WORK ITEM: Since only the total matters, count the lines of these entries containing the word "many" and write that total alone.

INPUT MATERIAL:
——————
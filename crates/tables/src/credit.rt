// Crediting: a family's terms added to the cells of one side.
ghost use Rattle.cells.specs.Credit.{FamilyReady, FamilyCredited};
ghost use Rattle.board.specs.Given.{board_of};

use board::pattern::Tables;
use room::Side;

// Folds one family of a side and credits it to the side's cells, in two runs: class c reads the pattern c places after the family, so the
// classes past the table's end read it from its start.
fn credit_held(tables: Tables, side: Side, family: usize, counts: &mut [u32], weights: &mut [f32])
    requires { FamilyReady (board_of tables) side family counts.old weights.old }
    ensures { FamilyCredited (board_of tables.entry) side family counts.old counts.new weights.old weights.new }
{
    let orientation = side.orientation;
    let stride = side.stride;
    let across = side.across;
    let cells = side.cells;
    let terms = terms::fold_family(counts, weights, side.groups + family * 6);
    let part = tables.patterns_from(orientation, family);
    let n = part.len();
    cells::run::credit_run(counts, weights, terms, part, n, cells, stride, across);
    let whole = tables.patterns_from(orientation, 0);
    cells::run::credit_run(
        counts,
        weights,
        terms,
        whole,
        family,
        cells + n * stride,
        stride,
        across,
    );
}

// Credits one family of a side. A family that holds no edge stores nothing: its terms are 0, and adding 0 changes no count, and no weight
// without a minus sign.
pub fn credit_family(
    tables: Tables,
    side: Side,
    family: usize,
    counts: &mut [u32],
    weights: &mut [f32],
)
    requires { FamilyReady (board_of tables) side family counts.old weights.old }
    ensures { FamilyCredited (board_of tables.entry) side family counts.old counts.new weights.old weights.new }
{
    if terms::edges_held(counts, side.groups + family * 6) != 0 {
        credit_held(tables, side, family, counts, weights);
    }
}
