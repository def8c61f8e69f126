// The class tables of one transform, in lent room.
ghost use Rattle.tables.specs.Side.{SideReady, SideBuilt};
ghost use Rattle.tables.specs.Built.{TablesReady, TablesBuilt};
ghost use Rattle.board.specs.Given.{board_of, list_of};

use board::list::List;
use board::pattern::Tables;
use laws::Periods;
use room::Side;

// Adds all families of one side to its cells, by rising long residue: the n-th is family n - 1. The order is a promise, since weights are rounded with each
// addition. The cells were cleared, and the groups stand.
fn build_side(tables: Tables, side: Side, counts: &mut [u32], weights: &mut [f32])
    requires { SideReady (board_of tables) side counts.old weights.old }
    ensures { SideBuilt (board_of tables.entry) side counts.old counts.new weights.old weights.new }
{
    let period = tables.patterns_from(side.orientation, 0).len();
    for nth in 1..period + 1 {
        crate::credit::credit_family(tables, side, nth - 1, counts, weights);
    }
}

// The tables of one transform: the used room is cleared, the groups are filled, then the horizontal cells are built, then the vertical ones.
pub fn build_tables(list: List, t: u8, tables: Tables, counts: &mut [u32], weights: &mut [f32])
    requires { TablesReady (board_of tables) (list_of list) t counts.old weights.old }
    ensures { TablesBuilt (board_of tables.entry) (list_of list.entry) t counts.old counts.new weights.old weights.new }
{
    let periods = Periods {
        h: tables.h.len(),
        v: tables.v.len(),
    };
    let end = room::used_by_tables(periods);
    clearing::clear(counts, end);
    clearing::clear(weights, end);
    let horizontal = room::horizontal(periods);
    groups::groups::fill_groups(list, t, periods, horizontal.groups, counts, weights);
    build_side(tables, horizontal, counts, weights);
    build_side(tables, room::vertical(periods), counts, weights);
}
——————
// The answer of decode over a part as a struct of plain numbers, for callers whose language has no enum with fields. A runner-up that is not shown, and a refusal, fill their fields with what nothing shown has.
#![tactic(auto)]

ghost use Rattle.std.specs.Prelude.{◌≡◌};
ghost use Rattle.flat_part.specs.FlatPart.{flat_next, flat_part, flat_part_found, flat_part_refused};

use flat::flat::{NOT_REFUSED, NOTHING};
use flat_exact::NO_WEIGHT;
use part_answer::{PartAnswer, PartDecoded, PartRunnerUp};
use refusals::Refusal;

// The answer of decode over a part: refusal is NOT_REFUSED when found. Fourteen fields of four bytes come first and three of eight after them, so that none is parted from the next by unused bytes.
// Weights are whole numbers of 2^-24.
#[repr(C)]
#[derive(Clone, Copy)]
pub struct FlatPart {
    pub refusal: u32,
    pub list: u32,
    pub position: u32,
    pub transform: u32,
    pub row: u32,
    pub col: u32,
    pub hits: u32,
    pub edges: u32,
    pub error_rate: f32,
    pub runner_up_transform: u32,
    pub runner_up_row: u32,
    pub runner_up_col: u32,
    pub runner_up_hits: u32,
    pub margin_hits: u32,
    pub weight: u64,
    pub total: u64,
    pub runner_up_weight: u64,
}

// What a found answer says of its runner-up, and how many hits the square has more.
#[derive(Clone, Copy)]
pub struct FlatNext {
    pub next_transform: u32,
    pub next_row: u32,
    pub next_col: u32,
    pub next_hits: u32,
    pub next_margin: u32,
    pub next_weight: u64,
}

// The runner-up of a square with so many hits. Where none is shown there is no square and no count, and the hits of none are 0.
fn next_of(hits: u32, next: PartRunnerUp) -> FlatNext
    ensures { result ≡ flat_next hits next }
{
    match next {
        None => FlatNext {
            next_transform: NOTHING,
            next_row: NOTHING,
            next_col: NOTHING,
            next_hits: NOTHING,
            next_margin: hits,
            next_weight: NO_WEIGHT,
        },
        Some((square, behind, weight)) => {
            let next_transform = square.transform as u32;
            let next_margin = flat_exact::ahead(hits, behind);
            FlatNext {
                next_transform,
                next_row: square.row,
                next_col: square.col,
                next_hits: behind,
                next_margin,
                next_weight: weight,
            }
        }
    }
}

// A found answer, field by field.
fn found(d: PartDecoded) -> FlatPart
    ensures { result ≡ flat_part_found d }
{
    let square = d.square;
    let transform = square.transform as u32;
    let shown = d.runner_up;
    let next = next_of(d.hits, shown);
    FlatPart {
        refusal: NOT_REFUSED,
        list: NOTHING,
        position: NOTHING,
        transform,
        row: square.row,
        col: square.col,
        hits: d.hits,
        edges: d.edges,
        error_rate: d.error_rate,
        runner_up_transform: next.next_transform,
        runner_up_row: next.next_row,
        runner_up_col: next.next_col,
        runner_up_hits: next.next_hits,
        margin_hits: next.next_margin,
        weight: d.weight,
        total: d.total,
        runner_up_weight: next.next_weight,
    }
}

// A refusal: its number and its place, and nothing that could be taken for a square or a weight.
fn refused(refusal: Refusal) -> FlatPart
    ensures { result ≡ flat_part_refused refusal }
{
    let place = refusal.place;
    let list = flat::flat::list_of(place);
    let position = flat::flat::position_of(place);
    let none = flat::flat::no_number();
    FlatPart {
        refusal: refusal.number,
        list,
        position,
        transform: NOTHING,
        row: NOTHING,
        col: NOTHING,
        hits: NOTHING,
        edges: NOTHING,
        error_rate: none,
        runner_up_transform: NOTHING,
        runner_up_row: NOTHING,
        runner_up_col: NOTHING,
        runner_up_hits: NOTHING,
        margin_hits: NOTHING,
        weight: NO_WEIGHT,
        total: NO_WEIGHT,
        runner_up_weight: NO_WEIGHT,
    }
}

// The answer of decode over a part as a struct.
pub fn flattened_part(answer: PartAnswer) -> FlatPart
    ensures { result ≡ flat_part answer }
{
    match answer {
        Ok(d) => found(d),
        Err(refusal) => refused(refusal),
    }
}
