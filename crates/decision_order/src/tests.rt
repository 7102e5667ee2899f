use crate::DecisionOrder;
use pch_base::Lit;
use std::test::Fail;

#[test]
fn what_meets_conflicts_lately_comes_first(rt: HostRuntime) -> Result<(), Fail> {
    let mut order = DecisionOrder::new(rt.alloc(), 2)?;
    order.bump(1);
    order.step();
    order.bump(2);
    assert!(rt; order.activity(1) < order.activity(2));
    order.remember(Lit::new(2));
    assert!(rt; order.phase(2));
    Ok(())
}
——————
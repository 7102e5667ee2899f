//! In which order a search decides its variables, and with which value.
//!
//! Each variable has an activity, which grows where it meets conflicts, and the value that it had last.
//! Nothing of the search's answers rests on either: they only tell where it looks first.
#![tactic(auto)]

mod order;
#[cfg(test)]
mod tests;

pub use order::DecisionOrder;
——————
WRITTEN SOLUTION: 2